Tout cela, tandis que le gouvernement augmente considérablement les dépenses publiques sur les projets de construction nationale et ne fait pas bien l’engagement de l’OTAN de Carney à accroître les dépenses du Canada en défense à 2% du produit intérieur brut annuel d’ici la fin de cet exercice le 31 mars 2026.
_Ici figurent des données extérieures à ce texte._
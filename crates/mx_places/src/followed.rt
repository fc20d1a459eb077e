//! A register that is followed at its place of the register stack, as it is named at a step.

use mx_stops::{Place, Seen};
use mx_text::add_decimal;
use mx_word::{Bytes, NoMemory};
use std::alloc::Global;

/// The note on a place, where this is seen: nothing, or how the register is named there, if it has another number than where it was
/// asked for.
pub fn note_of(alloc: Global, place: Place, seen: &Seen) -> Result<Bytes, NoMemory> {
    let mut note = Bytes::new(alloc);
    if let Place::Stacked { at, number } = place {
        add_number(&mut note, at, u64::from(number), seen)?;
    }
    Ok(note)
}

/// Adds the number of the register at a place of the register stack, if it is not this one.
fn add_number(note: &mut Bytes, at: u64, number: u64, seen: &Seen) -> Result<(), NoMemory> {
    if seen.hides(at) {
        return note.extend(b", of an outer call");
    }
    let here = at - seen.depth;
    if here == number {
        return Ok(());
    }
    note.extend(b", here $")?;
    add_decimal(note, here)
}

/// The value that was seen at a place; nothing where the register is hidden.
pub fn find_known_value(place: Place, seen: &Seen) -> Option<u64> {
    match place {
        Place::Stacked { at, number: _ } if seen.hides(at) => None,
        _ => Some(seen.value),
    }
}
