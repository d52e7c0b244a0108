//! The operation codes, in one table.
ghost use Rattle.std.specs.Prelude.{◌≡◌};
ghost use Rattle.scsi_opcodes.specs.Opcodes.{new_row, row_of, opcode_at, opcode_of, block_length, length_at, is_exempt, is_stopped_by_reservation, needs_medium};

/// The operation codes that are known (SPC-4, SSC-4).
#[derive(Clone, Copy, PartialEq, Eq, Debug)]
pub enum Opcode {
    TestUnitReady,
    Rewind,
    RequestSense,
    ReadBlockLimits,
    Read,
    Write,
    WriteFilemarks,
    Space,
    Inquiry,
    ModeSelect,
    Erase,
    ModeSense,
    LoadUnload,
    Locate,
    ReadPosition,
    PersistentReserveIn,
    PersistentReserveOut,
}

/// The row of an operation code in the table.
#[derive(Clone, Copy)]
struct Row {
    code: u8,
    bytes: usize,
    exempt: bool,
    stopped: bool,
    on_medium: bool,
}

const KNOWN: [Opcode; 17] = [
    Opcode::TestUnitReady,
    Opcode::Rewind,
    Opcode::RequestSense,
    Opcode::ReadBlockLimits,
    Opcode::Read,
    Opcode::Write,
    Opcode::WriteFilemarks,
    Opcode::Space,
    Opcode::Inquiry,
    Opcode::ModeSelect,
    Opcode::Erase,
    Opcode::ModeSense,
    Opcode::LoadUnload,
    Opcode::Locate,
    Opcode::ReadPosition,
    Opcode::PersistentReserveIn,
    Opcode::PersistentReserveOut,
];

impl Row {
    fn new(code: u8, bytes: usize, exempt: bool, stopped: bool, on_medium: bool) -> Self
        ensures { result ≡ new_row code bytes exempt stopped on_medium }
    {
        Row {
            code,
            bytes,
            exempt,
            stopped,
            on_medium,
        }
    }
}

impl Opcode {
    /// The operation code of a command block, which is its first byte; None where that is unknown or missing.
    pub fn of(cdb: &[u8]) -> Option<Self>
        ensures { result ≡ opcode_of cdb.now }
    {
        Opcode::at(*cdb.first()?)
    }

    /// Whether commands with this code are exempt from the checks of the drive's state: no deferred error, unit
    /// attention condition, reservation or missing medium stops them (own).
    pub fn is_exempt(self) -> bool
        ensures { result ≡ is_exempt self }
    {
        self.row().exempt
    }

    /// Whether a reservation stops commands with this code from a host that it does not let through (own, one rule for
    /// all types).
    pub fn is_stopped_by_reservation(self) -> bool
        ensures { result ≡ is_stopped_by_reservation self }
    {
        self.row().stopped
    }

    /// Whether commands with this code need a medium that is loaded and has not failed (own).
    pub fn needs_medium(self) -> bool
        ensures { result ≡ needs_medium self }
    {
        self.row().on_medium
    }

    /// The length of a command block with this code, in bytes.
    pub fn block_length(self) -> usize
        ensures { result ≡ block_length self }
    {
        self.row().bytes
    }

    fn at(code: u8) -> Option<Self>
        ensures { result ≡ opcode_at code }
    {
        KNOWN
            .iter()
            .copied()
            .find(|opcode| opcode.row().code == code)
    }

    // The row of a code: its byte, the length of its blocks in bytes, whether it is exempt from the checks of the
    // drive's state, whether a reservation stops it, and whether it needs a medium.
    fn row(self) -> Row
        ensures { result ≡ row_of self }
    {
        match self {
            Opcode::TestUnitReady => Row::new(0x00, 6, false, false, true),
            Opcode::Rewind => Row::new(0x01, 6, false, true, true),
            Opcode::RequestSense => Row::new(0x03, 6, true, false, false),
            Opcode::ReadBlockLimits => Row::new(0x05, 6, false, false, false),
            Opcode::Read => Row::new(0x08, 6, false, true, true),
            Opcode::Write => Row::new(0x0a, 6, false, true, true),
            Opcode::WriteFilemarks => Row::new(0x10, 6, false, true, true),
            Opcode::Space => Row::new(0x11, 6, false, true, true),
            Opcode::Inquiry => Row::new(0x12, 6, true, false, false),
            Opcode::ModeSelect => Row::new(0x15, 6, false, true, false),
            Opcode::Erase => Row::new(0x19, 6, false, true, true),
            Opcode::ModeSense => Row::new(0x1a, 6, false, false, false),
            Opcode::LoadUnload => Row::new(0x1b, 6, false, true, false),
            Opcode::Locate => Row::new(0x2b, 10, false, true, true),
            Opcode::ReadPosition => Row::new(0x34, 10, false, false, true),
            Opcode::PersistentReserveIn => Row::new(0x5e, 10, false, false, false),
            Opcode::PersistentReserveOut => Row::new(0x5f, 10, false, false, false),
        }
    }
}

/// The length of a command block with this operation code, in bytes; None where the code is not known.
pub fn length_of(op: u8) -> Option<usize>
    ensures { result ≡ length_at op }
{
    Opcode::at(op).map(|opcode| opcode.block_length())
}
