//! The data of the commands that ask about the drive itself.
ghost use Rattle.std.specs.Prelude.{◌≡◌};
ghost use Rattle.scsi_opcodes.specs.Answers.{block_limits, cut_to, inquiry_data};

use byteorder::{BigEndian, ByteOrder};
use vtl_base::limits::MAX_BLOCK;

/// The 36 bytes of standard INQUIRY data (SPC-4): a sequential-access device with a removable
/// medium, and its vendor, product and revision (own).
pub fn inquiry_data() -> [u8; 36]
    ensures { result ≡ inquiry_data }
{
    *b"\x01\x80\x06\x02\x1f\x00\x00\x00VTLIB   TAPE DRIVE      0001"
}

/// The 6 bytes of READ BLOCK LIMITS (SSC-4): a block has 1 to 1,048,576 bytes.
pub fn block_limits() -> [u8; 6]
    ensures { result ≡ block_limits }
{
    let mut limits = [0, 0, 0, 0, 0, 1];
    BigEndian::write_u24(&mut limits[1..4], MAX_BLOCK);
    limits
}

/// The first `allocation` of these bytes, or all where there are fewer: the part for which a host has room (SPC-4,
/// ALLOCATION LENGTH).
pub fn cut_to(bytes: &[u8], allocation: usize) -> &[u8]
    ensures { result.now ≡ cut_to allocation bytes.now }
{
    &bytes[..allocation.min(bytes.len())]
}
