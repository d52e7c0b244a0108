//! A law of the definitions, which no code calls.
ghost use Rattle.scsi_opcodes.specs.Laws.{CodesDiffer};

/// No two commands have the same operation code: each is found by its code.
pub fn codes_differ()
    ensures { CodesDiffer }
{}
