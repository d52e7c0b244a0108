//! Command descriptor blocks.
ghost use Rattle.std.specs.Prelude.{◌≡◌, ◌≤◌, IfSome};
ghost use Rattle.scsi_opcodes.specs.Commands.{code_of, command_of, decoded, sent_length, written_length};
ghost use Rattle.vtl_base.specs.declared.limits.TheConstants.{MAX_BLOCK};

use crate::fields;
use crate::opcodes::Opcode;
use scsi_lists::PrAction;
use scsi_sense::Sense;
use vtl_base::{ObjNo, PartNo, SpaceCode};

/// What PERSISTENT RESERVE IN reads, by its service action (SPC-4; that there are no more, own).
#[derive(Clone, Copy, PartialEq, Eq, Debug)]
pub enum PrRead {
    ReadKeys,
    ReadReservation,
}

/// A command with its fields (SPC-4, SSC-4). Lengths are in bytes.
#[derive(Clone, Copy, PartialEq, Eq, Debug)]
pub enum Command {
    TestUnitReady,
    Rewind,
    /// `length` is the room that the host has for sense data.
    RequestSense {
        length: u8,
    },
    ReadBlockLimits,
    /// `suppress_length` is SILI: where it is true, an incorrect length is not reported.
    Read {
        length: u32,
        suppress_length: bool,
    },
    Write {
        length: u32,
    },
    /// `immediate` is IMMED: where it is true, the status does not wait until all is stored.
    WriteFilemarks {
        count: u32,
        immediate: bool,
    },
    /// `count` is from -8,388,608 to 8,388,607. Where it is below 0, the motion is backward.
    Space {
        code: SpaceCode,
        count: i32,
    },
    /// `length` is the room that the host has for the data.
    Inquiry {
        length: u16,
    },
    /// `length` is that of the parameter list, which the host sends.
    ModeSelect {
        length: u8,
    },
    Erase,
    /// `length` is the room that the host has for the data. `disable_descriptors` is DBD: where it is true, the host
    /// wants no block descriptor.
    ModeSense {
        length: u8,
        disable_descriptors: bool,
    },
    /// `load` is LOAD: where it is true, the medium is loaded, else it is unloaded.
    LoadUnload {
        load: bool,
    },
    /// `part` is the partition that the command names; None where it names none (CP is 0).
    Locate {
        object: ObjNo,
        part: Option<PartNo>,
    },
    ReadPosition,
    /// `length` is the room that the host has for the data.
    PersistentReserveIn {
        action: PrRead,
        length: u16,
    },
    /// `length` is that of the parameter list, which the host sends. It may be any number that fits 4 bytes.
    PersistentReserveOut {
        action: PrAction,
        length: u32,
    },
}

/// The decoder of the command descriptor blocks that a host sends.
pub struct Cdb;

impl Command {
    /// The command in the block `cdb`, whose operation code is `opcode`; None where the block's length or one of its
    /// fields is wrong. The first byte of the block is not read.
    pub fn of(opcode: Opcode, cdb: &[u8]) -> Option<Self>
        ensures command { result ≡ command_of opcode cdb.now }
        ensures code { IfSome result (λ command. code_of command ≡ opcode) }
        ensures written { IfSome result (λ command. written_length command ≤ MAX_BLOCK) }
    {
        if cdb.len() != opcode.block_length() {
            return None;
        }
        match opcode {
            Opcode::TestUnitReady => Some(Command::TestUnitReady),
            Opcode::Rewind => Some(Command::Rewind),
            Opcode::RequestSense => fields::request_sense(cdb),
            Opcode::ReadBlockLimits => fields::read_block_limits(cdb),
            Opcode::Read => fields::read(cdb),
            Opcode::Write => fields::write(cdb),
            Opcode::WriteFilemarks => Some(fields::write_filemarks(cdb)),
            Opcode::Space => fields::space(cdb),
            Opcode::Inquiry => fields::inquiry(cdb),
            Opcode::ModeSelect => fields::mode_select(cdb),
            Opcode::Erase => Some(Command::Erase),
            Opcode::ModeSense => fields::mode_sense(cdb),
            Opcode::LoadUnload => Some(fields::load_unload(cdb)),
            Opcode::Locate => Some(fields::locate(cdb)),
            Opcode::ReadPosition => fields::read_position(cdb),
            Opcode::PersistentReserveIn => fields::persistent_reserve_in(cdb),
            Opcode::PersistentReserveOut => fields::persistent_reserve_out(cdb),
        }
    }

    /// The operation code of the command.
    pub fn opcode(self) -> Opcode
        ensures { result ≡ code_of self }
    {
        match self {
            Command::TestUnitReady => Opcode::TestUnitReady,
            Command::Rewind => Opcode::Rewind,
            Command::RequestSense { .. } => Opcode::RequestSense,
            Command::ReadBlockLimits => Opcode::ReadBlockLimits,
            Command::Read { .. } => Opcode::Read,
            Command::Write { .. } => Opcode::Write,
            Command::WriteFilemarks { .. } => Opcode::WriteFilemarks,
            Command::Space { .. } => Opcode::Space,
            Command::Inquiry { .. } => Opcode::Inquiry,
            Command::ModeSelect { .. } => Opcode::ModeSelect,
            Command::Erase => Opcode::Erase,
            Command::ModeSense { .. } => Opcode::ModeSense,
            Command::LoadUnload { .. } => Opcode::LoadUnload,
            Command::Locate { .. } => Opcode::Locate,
            Command::ReadPosition => Opcode::ReadPosition,
            Command::PersistentReserveIn { .. } => Opcode::PersistentReserveIn,
            Command::PersistentReserveOut { .. } => Opcode::PersistentReserveOut,
        }
    }

    /// How many bytes a host sends with the command: those of a WRITE's block or of a parameter list, else 0.
    pub fn sent_length(self) -> u32
        ensures { result ≡ sent_length self }
    {
        match self {
            Command::Write { length } => length,
            Command::ModeSelect { length } => u32::from(length),
            Command::PersistentReserveOut { length, .. } => length,
            _ => 0,
        }
    }
}

impl Cdb {
    /// Returns the command of a block, or the sense data with which the block is refused. An unknown or missing
    /// operation code is refused first (20/00), then a wrong length or field (24/00).
    pub fn decode(cdb: &[u8]) -> Result<Command, Sense>
        ensures { result ≡ decoded cdb.now }
    {
        let opcode = Opcode::of(cdb).ok_or(Sense::invalid_operation_code())?;
        Command::of(opcode, cdb).ok_or(Sense::invalid_field())
    }
}
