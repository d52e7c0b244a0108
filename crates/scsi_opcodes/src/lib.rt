//! Command descriptor blocks and operation codes: what a host sends to a drive.
#![tactic(auto)]

pub mod answers;
pub mod commands;
mod fields;
pub mod laws;
pub mod opcodes;

pub use answers::{block_limits, cut_to, inquiry_data};
pub use commands::{Cdb, Command, PrRead};
pub use opcodes::{Opcode, length_of};
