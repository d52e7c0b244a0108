//! The fields of command descriptor blocks, command by command. Each block has the length that belongs to its operation
//! code.
ghost use Rattle.std.specs.Prelude.{◌≡◌, ◌<◌, ◌≤◌, Some, length};
ghost use Rattle.scsi_opcodes.specs.Commands.{command_by_fields, is_bit_set, is_fixed, is_mode_page_known, pr_read_of, space_code, transfer_length};

use crate::commands::{Command, PrRead};
use crate::opcodes::Opcode;
use byteorder::{BigEndian, ByteOrder};
use scsi_lists::PrAction;
use vtl_base::SpaceCode;
use vtl_base::limits::MAX_BLOCK;

fn is_bit_set(byte: u8, bit: u32) -> bool
    requires { bit < 8 }
    ensures { result ≡ is_bit_set byte bit }
{
    byte >> bit & 1 == 1
}

fn is_fixed(cdb: &[u8]) -> bool
    requires { 2 ≤ length cdb.now }
    ensures { result ≡ is_fixed cdb.now }
{
    is_bit_set(cdb[1], 0)
}

fn transfer_length(cdb: &[u8]) -> u32
    requires { 5 ≤ length cdb.now }
    ensures { result ≡ transfer_length cdb.now }
{
    BigEndian::read_u24(&cdb[2..])
}

/// Reads the fields of REQUEST SENSE. Returns None where DESC is set.
pub fn request_sense(cdb: &[u8]) -> Option<Command>
    requires { 5 ≤ length cdb.now }
    ensures { result ≡ command_by_fields Opcode.RequestSense cdb.now }
{
    if is_bit_set(cdb[1], 0) {
        return None;
    }
    Some(Command::RequestSense { length: cdb[4] })
}

/// Reads the fields of READ BLOCK LIMITS. Returns None where MLOI is set.
pub fn read_block_limits(cdb: &[u8]) -> Option<Command>
    requires { 2 ≤ length cdb.now }
    ensures { result ≡ command_by_fields Opcode.ReadBlockLimits cdb.now }
{
    if is_bit_set(cdb[1], 0) {
        return None;
    }
    Some(Command::ReadBlockLimits)
}

/// Reads the fields of READ. Returns None where FIXED is set.
pub fn read(cdb: &[u8]) -> Option<Command>
    requires { 5 ≤ length cdb.now }
    ensures { result ≡ command_by_fields Opcode.Read cdb.now }
{
    if is_fixed(cdb) {
        return None;
    }
    Some(Command::Read {
        length: transfer_length(cdb),
        suppress_length: is_bit_set(cdb[1], 1),
    })
}

/// Reads the fields of WRITE. Returns None where FIXED is set or the block is longer than 1,048,576 bytes.
pub fn write(cdb: &[u8]) -> Option<Command>
    requires { 5 ≤ length cdb.now }
    ensures { result ≡ command_by_fields Opcode.Write cdb.now }
{
    let length = transfer_length(cdb);
    if is_fixed(cdb) || length > MAX_BLOCK {
        return None;
    }
    Some(Command::Write { length })
}

/// Reads the fields of WRITE FILEMARKS. No field is refused.
pub fn write_filemarks(cdb: &[u8]) -> Command
    requires { 5 ≤ length cdb.now }
    ensures { Some result ≡ command_by_fields Opcode.WriteFilemarks cdb.now }
{
    Command::WriteFilemarks {
        count: transfer_length(cdb),
        immediate: is_bit_set(cdb[1], 0),
    }
}

/// Reads the fields of SPACE. Returns None where CODE is not known.
pub fn space(cdb: &[u8]) -> Option<Command>
    requires { 5 ≤ length cdb.now }
    ensures { result ≡ command_by_fields Opcode.Space cdb.now }
{
    let code = space_code(cdb[1] % 16)?;
    Some(Command::Space {
        code,
        count: BigEndian::read_i24(&cdb[2..]),
    })
}

fn space_code(code: u8) -> Option<SpaceCode>
    ensures { result ≡ space_code code }
{
    match code {
        0 => Some(SpaceCode::Blocks),
        1 => Some(SpaceCode::Filemarks),
        3 => Some(SpaceCode::EndOfData),
        _ => None,
    }
}

/// Reads the fields of INQUIRY. Returns None where EVPD is set or PAGE CODE is not 0.
pub fn inquiry(cdb: &[u8]) -> Option<Command>
    requires { 5 ≤ length cdb.now }
    ensures { result ≡ command_by_fields Opcode.Inquiry cdb.now }
{
    if is_bit_set(cdb[1], 0) || cdb[2] != 0 {
        return None;
    }
    Some(Command::Inquiry {
        length: BigEndian::read_u16(&cdb[3..]),
    })
}

/// Reads the fields of MODE SELECT. Returns None where SP is set.
pub fn mode_select(cdb: &[u8]) -> Option<Command>
    requires { 5 ≤ length cdb.now }
    ensures { result ≡ command_by_fields Opcode.ModeSelect cdb.now }
{
    if is_bit_set(cdb[1], 0) {
        return None;
    }
    Some(Command::ModeSelect { length: cdb[4] })
}

/// Reads the fields of MODE SENSE. Returns None where PAGE CODE is neither 0 nor 3Fh.
pub fn mode_sense(cdb: &[u8]) -> Option<Command>
    requires { 5 ≤ length cdb.now }
    ensures { result ≡ command_by_fields Opcode.ModeSense cdb.now }
{
    if !is_mode_page_known(cdb) {
        return None;
    }
    Some(Command::ModeSense {
        length: cdb[4],
        disable_descriptors: is_bit_set(cdb[1], 3),
    })
}

// Whether PAGE CODE asks for no page (0), or for all pages (3Fh), of which there are none.
fn is_mode_page_known(cdb: &[u8]) -> bool
    requires { 3 ≤ length cdb.now }
    ensures { result ≡ is_mode_page_known cdb.now }
{
    matches!(cdb[2] % 64, 0x00 | 0x3f)
}

/// Reads the fields of LOAD UNLOAD. No field is refused.
pub fn load_unload(cdb: &[u8]) -> Command
    requires { 5 ≤ length cdb.now }
    ensures { Some result ≡ command_by_fields Opcode.LoadUnload cdb.now }
{
    Command::LoadUnload {
        load: is_bit_set(cdb[4], 0),
    }
}

/// Reads the fields of LOCATE. No field is refused.
pub fn locate(cdb: &[u8]) -> Command
    requires { 9 ≤ length cdb.now }
    ensures { Some result ≡ command_by_fields Opcode.Locate cdb.now }
{
    let part = if is_bit_set(cdb[1], 1) {
        Some(cdb[8])
    } else {
        None
    };
    Command::Locate {
        object: BigEndian::read_u32(&cdb[3..]),
        part,
    }
}

/// Reads the fields of READ POSITION. Returns None for every form but the short one.
pub fn read_position(cdb: &[u8]) -> Option<Command>
    requires { 2 ≤ length cdb.now }
    ensures { result ≡ command_by_fields Opcode.ReadPosition cdb.now }
{
    if cdb[1] % 32 != 0 {
        return None;
    }
    Some(Command::ReadPosition)
}

/// Reads the fields of PERSISTENT RESERVE IN. Returns None where the service action is not known.
pub fn persistent_reserve_in(cdb: &[u8]) -> Option<Command>
    requires { 9 ≤ length cdb.now }
    ensures { result ≡ command_by_fields Opcode.PersistentReserveIn cdb.now }
{
    let action = pr_read(cdb[1] % 32)?;
    Some(Command::PersistentReserveIn {
        action,
        length: BigEndian::read_u16(&cdb[7..]),
    })
}

fn pr_read(service_action: u8) -> Option<PrRead>
    ensures { result ≡ pr_read_of service_action }
{
    match service_action {
        0 => Some(PrRead::ReadKeys),
        1 => Some(PrRead::ReadReservation),
        _ => None,
    }
}

/// Reads the fields of PERSISTENT RESERVE OUT. Returns None where the service action is not known, or where no
/// reservation has the scope and type of a RESERVE or RELEASE.
pub fn persistent_reserve_out(cdb: &[u8]) -> Option<Command>
    requires { 9 ≤ length cdb.now }
    ensures { result ≡ command_by_fields Opcode.PersistentReserveOut cdb.now }
{
    let action = PrAction::of(cdb[1] % 32, cdb[2])?;
    Some(Command::PersistentReserveOut {
        action,
        length: BigEndian::read_u32(&cdb[5..]),
    })
}
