//! The program `driver_cli`: it runs the script on its standard input against the model server, and
//! writes the report to its standard output.
#![tactic(auto)]

use bson_lite::Text;
use script_run::{Run, top};
use standard_streams::{Reading, Writing};
use std::alloc::AllocError;
use std::env::Env;
use std::io::ErrorKind;
use std::process::ExitCode;
use std::{env, io};

/// The status of want of memory.
const MEMORY: u8 = 6;

fn main(rt: HostRuntime) -> ExitCode {
    let mut source = Reading::new(rt.reader());
    let mut sink = Writing::new(io::writer(&rt));
    let mut run = Run::new();
    let status = match words_of(&rt) {
        Ok(words) => top(
            &rt,
            rt.alloc(),
            words.as_slice(),
            &mut source,
            &mut sink,
            &mut run,
        ),
        Err(AllocError) => MEMORY,
    };
    ExitCode::from(status)
}

/// The words after the program's name; none where they can't be read or one of them is not UTF-8.
fn words_of<R: Env + AllocGlobal>(rt: &R) -> Result<Vec<Text>, AllocError> {
    let mut words = Vec::new(rt.alloc());
    match env::args(rt) {
        Ok(args) => {
            for word in args.skip(1) {
                words.push(Text::from_string(word))?;
            }
            Ok(words)
        }
        Err(error) => {
            if error.kind() == ErrorKind::OutOfMemory {
                return Err(AllocError);
            }
            Ok(words)
        }
    }
}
Carney prévoit d’atteindre ces objectifs contradictoires en séparant les dépenses d’exploitation du gouvernement fédéral – le coût des opérations quotidiennes, ainsi que des transferts en espèces aux provinces et aux programmes de prestations tels que la sécurité de la vieillesse, la garderie de 10 $ par jour et les soins dentaires – des dépenses en capital pour l’infrastructure.

Le problème avec la redéfinition de la dette de cette manière est qu’il ne fait pas disparaître la dette. Cela l’explique simplement d’une manière nouvelle et les contribuables devront toujours le rembourser – avec intérêt – éventuellement.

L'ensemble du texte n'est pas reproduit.